• **WHAT TO WORK ON**:
Repeat exactly the lines of the entries below from the one with "it. The error means out of memory; then" through the one with "of the text", both ends included, and nothing else.

• **INPUT RECORDS**:
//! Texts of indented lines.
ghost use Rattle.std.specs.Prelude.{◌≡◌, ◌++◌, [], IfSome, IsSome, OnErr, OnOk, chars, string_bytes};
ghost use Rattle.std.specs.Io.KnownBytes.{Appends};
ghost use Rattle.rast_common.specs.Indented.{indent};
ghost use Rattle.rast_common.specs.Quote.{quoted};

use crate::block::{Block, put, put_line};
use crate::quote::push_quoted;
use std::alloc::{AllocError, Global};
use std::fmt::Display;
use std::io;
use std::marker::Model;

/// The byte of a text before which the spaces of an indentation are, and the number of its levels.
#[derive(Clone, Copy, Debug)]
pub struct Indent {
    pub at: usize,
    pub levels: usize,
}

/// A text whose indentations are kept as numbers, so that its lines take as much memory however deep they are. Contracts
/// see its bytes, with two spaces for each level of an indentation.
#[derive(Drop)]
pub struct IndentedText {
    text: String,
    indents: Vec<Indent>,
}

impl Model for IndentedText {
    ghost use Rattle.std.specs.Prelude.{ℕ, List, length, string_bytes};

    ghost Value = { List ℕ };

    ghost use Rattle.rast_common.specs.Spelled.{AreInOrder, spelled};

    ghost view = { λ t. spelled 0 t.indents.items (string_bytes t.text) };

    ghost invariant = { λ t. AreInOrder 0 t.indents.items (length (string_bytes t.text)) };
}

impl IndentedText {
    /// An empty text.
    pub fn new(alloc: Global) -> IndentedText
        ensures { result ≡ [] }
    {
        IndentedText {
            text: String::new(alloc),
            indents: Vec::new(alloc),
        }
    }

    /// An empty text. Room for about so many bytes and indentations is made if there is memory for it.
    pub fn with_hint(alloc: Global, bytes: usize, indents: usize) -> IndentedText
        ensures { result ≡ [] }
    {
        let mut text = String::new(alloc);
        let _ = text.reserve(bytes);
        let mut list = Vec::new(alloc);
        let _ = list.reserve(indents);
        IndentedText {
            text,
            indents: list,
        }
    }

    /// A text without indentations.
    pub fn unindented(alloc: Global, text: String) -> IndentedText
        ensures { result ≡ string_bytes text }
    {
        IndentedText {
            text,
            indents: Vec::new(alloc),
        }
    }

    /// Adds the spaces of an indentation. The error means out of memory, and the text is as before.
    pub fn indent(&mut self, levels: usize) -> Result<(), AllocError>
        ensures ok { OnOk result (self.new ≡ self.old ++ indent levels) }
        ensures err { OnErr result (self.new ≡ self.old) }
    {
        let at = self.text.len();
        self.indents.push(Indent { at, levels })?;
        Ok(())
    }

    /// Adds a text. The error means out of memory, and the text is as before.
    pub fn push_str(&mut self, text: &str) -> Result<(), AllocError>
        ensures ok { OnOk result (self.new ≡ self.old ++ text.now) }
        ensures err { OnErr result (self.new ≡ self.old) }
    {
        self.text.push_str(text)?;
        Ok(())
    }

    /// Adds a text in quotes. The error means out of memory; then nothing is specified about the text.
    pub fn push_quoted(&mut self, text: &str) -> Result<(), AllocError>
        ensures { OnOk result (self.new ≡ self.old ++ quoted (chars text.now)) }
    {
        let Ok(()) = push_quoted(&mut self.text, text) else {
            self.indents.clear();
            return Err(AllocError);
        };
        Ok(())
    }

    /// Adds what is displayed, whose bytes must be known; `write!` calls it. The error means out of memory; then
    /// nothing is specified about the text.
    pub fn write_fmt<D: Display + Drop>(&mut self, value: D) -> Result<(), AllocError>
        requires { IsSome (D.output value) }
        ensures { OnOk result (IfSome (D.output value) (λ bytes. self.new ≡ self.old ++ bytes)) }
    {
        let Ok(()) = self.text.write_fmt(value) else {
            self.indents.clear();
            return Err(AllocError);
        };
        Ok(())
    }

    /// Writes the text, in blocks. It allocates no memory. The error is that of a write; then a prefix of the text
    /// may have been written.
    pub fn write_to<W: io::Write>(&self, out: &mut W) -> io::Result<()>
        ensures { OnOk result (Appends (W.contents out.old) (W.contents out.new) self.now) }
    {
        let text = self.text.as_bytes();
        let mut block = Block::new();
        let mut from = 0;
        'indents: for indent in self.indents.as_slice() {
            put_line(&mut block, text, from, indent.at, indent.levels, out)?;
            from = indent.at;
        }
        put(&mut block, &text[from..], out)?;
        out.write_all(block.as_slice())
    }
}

--

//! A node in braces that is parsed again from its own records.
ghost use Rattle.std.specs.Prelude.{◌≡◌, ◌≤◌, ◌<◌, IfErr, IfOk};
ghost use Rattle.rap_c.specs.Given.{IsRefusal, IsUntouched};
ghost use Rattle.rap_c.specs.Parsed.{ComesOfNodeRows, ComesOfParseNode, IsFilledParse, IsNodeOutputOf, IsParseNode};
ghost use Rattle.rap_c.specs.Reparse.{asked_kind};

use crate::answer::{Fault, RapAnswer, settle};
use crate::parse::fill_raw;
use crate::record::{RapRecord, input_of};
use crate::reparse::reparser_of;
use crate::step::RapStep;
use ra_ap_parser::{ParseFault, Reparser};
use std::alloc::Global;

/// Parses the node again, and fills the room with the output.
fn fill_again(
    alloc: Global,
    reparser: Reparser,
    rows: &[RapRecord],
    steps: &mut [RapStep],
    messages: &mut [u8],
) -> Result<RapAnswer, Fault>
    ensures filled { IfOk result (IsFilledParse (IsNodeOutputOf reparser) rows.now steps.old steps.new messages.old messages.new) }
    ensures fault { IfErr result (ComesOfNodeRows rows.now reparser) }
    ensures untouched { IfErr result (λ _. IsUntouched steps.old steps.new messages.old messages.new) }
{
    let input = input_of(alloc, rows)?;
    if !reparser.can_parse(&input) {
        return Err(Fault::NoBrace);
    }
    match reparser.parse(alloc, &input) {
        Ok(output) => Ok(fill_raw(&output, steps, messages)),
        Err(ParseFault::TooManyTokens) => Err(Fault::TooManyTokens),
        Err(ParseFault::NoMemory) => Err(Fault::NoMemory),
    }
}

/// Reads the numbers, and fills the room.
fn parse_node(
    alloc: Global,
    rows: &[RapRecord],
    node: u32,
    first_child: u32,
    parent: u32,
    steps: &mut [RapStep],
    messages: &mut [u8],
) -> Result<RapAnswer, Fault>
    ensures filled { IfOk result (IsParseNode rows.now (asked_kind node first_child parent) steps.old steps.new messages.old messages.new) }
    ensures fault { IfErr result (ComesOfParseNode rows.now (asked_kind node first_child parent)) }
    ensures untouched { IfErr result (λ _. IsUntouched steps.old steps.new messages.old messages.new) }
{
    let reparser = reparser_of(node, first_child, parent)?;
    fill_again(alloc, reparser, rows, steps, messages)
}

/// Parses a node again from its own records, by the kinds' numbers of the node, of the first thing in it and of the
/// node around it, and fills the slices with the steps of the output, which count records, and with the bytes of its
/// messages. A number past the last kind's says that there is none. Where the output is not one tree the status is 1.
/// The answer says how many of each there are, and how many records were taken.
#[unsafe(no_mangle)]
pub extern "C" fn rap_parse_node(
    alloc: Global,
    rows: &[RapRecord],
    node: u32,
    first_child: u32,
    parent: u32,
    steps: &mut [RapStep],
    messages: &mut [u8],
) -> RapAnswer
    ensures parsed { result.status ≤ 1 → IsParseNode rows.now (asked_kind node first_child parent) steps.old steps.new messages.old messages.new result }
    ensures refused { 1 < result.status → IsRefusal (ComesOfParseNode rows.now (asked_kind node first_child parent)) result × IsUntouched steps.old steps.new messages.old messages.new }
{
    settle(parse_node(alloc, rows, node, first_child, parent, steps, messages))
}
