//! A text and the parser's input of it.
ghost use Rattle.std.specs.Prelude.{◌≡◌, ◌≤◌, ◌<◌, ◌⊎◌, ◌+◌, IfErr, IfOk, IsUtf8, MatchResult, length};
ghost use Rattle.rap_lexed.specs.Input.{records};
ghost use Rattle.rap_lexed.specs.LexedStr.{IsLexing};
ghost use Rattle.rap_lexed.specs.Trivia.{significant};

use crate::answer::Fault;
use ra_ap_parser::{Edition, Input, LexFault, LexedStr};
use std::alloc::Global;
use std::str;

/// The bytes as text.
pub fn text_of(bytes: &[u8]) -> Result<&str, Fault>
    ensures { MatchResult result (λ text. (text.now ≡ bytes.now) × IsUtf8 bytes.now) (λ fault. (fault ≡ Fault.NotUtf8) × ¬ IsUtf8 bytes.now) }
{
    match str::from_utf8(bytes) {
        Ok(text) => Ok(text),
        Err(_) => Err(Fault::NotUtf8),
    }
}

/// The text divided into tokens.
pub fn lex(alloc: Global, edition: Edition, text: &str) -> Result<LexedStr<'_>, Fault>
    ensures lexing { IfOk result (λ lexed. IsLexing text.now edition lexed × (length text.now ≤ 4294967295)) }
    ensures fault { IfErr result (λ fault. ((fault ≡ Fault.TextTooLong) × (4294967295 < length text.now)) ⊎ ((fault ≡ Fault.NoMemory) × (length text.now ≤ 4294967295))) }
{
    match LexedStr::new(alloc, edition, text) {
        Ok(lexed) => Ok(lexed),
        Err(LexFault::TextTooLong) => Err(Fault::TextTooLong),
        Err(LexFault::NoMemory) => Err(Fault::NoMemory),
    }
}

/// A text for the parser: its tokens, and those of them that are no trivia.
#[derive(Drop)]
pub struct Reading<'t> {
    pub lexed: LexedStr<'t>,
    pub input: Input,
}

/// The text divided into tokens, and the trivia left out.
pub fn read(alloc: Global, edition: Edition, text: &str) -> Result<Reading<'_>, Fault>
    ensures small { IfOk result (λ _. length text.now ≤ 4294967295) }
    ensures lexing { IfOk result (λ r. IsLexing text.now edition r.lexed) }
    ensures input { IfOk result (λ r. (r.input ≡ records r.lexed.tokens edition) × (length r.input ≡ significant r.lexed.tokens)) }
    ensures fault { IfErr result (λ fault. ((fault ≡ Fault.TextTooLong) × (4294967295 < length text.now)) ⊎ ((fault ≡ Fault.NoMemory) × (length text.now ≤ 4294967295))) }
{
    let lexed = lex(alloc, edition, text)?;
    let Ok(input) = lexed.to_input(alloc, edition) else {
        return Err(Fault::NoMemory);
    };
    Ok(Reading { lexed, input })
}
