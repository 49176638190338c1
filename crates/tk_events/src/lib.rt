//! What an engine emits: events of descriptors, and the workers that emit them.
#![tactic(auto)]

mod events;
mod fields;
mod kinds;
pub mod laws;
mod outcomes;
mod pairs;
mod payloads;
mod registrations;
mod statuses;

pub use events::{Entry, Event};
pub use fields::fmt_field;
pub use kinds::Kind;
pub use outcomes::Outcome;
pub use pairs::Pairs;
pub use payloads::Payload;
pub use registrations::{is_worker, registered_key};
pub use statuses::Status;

---

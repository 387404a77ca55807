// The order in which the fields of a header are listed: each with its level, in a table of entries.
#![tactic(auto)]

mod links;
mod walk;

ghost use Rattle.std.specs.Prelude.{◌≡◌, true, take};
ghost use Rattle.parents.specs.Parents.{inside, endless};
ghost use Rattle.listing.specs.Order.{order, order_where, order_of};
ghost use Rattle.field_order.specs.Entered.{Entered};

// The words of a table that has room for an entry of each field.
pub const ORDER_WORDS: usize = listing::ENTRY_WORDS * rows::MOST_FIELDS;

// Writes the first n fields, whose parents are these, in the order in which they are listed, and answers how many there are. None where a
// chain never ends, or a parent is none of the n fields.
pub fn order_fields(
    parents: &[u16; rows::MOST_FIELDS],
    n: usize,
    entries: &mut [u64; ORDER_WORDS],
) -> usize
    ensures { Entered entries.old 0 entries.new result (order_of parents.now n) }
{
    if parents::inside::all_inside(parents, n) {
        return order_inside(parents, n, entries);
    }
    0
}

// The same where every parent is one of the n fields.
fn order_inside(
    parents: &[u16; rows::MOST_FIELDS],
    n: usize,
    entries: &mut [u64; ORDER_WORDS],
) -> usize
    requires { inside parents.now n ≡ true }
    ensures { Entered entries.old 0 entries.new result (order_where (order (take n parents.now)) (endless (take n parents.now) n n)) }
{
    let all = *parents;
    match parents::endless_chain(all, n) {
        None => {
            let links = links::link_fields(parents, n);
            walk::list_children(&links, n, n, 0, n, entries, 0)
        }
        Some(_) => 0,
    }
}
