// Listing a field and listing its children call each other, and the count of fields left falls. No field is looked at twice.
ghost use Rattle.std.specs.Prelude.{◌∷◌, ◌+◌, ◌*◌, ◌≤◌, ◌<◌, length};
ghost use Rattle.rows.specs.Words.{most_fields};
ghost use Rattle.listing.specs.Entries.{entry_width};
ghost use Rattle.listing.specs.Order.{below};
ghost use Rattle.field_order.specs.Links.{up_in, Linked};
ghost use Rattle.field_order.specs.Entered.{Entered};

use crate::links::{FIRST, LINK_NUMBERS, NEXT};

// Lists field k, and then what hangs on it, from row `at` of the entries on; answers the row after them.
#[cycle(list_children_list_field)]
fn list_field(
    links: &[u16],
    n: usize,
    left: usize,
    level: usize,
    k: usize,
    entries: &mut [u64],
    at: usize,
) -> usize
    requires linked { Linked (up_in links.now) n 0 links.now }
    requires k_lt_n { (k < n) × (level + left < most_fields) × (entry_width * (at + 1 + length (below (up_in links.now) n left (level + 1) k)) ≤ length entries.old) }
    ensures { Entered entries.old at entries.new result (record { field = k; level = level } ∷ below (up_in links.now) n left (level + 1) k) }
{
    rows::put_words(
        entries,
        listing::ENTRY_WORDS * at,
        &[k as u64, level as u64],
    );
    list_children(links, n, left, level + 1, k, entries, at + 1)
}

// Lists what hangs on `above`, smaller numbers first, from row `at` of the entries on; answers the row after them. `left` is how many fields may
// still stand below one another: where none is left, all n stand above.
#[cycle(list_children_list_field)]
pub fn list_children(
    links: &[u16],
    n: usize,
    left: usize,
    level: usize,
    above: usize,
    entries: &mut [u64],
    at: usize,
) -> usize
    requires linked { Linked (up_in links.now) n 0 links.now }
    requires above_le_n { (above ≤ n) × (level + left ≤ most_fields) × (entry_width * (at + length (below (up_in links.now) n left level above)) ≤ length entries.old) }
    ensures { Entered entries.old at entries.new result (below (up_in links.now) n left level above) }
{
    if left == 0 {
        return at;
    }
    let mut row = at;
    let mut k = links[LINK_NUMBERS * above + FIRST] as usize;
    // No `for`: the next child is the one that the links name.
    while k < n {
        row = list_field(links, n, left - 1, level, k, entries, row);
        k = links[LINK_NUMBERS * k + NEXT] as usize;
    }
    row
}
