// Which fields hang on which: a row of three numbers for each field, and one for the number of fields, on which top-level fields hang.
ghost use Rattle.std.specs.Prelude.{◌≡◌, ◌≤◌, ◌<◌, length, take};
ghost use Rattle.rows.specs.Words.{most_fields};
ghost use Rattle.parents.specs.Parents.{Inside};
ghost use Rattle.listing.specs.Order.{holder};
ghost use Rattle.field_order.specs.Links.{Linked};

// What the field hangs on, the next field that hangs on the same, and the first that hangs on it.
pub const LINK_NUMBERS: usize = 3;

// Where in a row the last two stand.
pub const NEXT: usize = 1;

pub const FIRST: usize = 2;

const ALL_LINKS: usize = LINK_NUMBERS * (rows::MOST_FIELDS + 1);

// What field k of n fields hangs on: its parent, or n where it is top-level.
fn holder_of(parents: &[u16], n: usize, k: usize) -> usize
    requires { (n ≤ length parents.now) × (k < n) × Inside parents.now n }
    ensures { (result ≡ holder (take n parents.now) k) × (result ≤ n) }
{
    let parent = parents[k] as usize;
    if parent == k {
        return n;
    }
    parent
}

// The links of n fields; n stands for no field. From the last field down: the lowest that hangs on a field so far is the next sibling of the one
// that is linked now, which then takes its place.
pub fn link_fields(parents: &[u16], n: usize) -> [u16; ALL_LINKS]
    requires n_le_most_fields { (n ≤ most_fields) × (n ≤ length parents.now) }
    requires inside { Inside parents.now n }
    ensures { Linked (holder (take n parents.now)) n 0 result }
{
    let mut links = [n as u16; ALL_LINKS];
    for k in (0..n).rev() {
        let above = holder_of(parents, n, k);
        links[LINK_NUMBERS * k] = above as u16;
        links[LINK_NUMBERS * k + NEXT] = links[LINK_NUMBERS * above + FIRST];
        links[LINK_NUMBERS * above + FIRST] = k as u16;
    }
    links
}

• **EXERCISE SOLUTION**:
    /// Adds what is displayed, whose bytes must be known; `write!` calls it. The error means out of memory; then
    /// nothing is specified about the text.
    pub fn write_fmt<D: Display + Drop>(&mut self, value: D) -> Result<(), AllocError>
        requires { IsSome (D.output value) }
        ensures { OnOk result (IfSome (D.output value) (λ bytes. self.new ≡ self.old ++ bytes)) }
    {
        let Ok(()) = self.text.write_fmt(value) else {
            self.indents.clear();
            return Err(AllocError);
        };
        Ok(())
    }

    /// Writes the text, in blocks. It allocates no memory. The error is that of a write; then a prefix of the text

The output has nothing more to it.